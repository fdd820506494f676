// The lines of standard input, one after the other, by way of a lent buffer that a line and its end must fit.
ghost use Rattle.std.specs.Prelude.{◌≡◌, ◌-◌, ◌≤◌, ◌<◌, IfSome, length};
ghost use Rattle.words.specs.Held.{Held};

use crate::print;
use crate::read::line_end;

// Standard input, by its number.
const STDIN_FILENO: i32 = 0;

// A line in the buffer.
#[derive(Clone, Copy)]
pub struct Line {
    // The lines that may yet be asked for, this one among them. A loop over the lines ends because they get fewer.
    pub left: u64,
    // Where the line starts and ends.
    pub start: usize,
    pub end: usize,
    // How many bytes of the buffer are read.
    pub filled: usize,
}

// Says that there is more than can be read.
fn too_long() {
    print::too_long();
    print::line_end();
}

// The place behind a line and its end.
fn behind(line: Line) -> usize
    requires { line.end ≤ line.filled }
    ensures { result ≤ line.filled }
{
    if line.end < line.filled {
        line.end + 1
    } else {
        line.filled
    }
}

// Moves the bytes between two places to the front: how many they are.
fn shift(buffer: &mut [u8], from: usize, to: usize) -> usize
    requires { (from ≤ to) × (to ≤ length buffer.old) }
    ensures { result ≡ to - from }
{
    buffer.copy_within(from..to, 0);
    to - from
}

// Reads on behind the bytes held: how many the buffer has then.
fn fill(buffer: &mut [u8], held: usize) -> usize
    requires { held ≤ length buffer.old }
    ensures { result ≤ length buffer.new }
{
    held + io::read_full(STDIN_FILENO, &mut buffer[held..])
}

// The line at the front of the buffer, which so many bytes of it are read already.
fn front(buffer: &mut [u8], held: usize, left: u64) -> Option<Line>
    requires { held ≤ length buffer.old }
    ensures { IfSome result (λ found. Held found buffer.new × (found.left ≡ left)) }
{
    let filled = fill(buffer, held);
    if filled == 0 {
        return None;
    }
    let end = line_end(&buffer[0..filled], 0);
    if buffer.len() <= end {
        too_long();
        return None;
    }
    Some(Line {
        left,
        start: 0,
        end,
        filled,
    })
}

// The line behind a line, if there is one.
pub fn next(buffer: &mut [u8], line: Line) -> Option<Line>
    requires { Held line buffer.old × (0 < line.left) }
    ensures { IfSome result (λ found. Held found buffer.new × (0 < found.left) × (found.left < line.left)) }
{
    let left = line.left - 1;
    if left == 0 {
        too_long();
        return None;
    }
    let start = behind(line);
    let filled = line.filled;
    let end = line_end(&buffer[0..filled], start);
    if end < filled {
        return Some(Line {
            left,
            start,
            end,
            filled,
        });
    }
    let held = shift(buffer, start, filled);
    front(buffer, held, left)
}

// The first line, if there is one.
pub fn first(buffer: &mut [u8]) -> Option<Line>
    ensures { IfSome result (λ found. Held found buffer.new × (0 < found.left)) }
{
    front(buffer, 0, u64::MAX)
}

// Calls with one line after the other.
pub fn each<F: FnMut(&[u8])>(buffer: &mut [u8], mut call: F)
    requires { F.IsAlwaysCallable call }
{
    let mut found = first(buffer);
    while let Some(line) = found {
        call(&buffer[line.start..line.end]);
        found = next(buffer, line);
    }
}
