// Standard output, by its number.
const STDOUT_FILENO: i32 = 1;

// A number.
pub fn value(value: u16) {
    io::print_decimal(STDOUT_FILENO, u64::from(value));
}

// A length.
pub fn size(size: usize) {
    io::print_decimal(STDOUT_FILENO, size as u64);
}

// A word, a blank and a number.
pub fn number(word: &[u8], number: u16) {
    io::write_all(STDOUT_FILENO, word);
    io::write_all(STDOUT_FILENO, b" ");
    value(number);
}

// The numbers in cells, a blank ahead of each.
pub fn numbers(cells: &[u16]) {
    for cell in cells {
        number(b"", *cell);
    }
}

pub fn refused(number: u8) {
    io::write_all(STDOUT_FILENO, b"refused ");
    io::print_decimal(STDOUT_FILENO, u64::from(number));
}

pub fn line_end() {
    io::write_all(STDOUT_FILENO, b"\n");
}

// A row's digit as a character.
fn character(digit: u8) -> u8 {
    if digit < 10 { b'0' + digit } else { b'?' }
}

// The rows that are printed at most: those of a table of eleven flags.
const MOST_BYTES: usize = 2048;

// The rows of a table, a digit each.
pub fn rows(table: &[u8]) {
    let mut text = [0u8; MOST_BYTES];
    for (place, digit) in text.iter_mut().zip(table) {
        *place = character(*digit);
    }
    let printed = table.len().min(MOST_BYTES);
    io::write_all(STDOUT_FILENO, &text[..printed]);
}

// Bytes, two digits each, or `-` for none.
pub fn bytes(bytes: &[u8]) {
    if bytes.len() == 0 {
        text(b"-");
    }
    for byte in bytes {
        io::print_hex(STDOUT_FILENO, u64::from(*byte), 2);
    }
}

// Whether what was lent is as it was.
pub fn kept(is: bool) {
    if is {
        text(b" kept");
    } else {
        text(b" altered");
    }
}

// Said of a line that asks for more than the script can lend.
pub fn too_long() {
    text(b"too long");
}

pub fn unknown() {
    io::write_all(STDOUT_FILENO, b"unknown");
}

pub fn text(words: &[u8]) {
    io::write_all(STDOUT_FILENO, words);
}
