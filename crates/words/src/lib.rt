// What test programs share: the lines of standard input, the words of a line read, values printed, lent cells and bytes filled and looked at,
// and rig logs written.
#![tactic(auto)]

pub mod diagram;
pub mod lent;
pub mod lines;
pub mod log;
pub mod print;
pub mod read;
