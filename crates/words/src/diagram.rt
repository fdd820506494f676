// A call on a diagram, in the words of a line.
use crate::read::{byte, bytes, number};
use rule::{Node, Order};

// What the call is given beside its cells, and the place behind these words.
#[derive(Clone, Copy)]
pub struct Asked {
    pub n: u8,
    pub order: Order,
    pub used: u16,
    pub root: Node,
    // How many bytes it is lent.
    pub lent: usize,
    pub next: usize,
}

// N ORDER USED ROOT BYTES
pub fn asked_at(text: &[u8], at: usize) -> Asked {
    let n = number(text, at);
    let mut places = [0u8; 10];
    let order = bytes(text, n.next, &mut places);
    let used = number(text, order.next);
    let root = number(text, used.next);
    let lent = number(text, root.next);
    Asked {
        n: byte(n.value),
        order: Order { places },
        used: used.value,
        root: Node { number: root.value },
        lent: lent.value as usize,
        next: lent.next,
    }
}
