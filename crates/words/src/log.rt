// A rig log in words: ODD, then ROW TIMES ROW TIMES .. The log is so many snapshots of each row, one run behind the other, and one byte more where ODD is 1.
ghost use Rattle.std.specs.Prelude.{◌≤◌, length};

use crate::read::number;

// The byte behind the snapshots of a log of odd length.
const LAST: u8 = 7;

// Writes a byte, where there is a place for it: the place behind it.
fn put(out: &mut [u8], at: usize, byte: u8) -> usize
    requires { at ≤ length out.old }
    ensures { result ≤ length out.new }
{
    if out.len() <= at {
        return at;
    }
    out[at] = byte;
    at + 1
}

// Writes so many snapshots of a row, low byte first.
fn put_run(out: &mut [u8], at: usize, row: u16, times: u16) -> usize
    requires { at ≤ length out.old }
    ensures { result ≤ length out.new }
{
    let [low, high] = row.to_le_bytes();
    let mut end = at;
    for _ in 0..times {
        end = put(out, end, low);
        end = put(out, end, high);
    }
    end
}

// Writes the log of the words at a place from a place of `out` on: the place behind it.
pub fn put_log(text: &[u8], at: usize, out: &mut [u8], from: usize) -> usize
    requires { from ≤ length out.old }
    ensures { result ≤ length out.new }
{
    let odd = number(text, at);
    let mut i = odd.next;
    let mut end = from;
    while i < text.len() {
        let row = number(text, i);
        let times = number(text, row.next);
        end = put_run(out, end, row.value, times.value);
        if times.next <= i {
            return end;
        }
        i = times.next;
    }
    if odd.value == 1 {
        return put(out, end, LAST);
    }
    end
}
===
#### [Work required]
A copy of each line above that holds the word "first" is the expected answer.

#### [Finished task]
// The first line, if there is one.
pub fn first(buffer: &mut [u8]) -> Option<Line>
    let mut found = first(buffer);
// Writes so many snapshots of a row, low byte first.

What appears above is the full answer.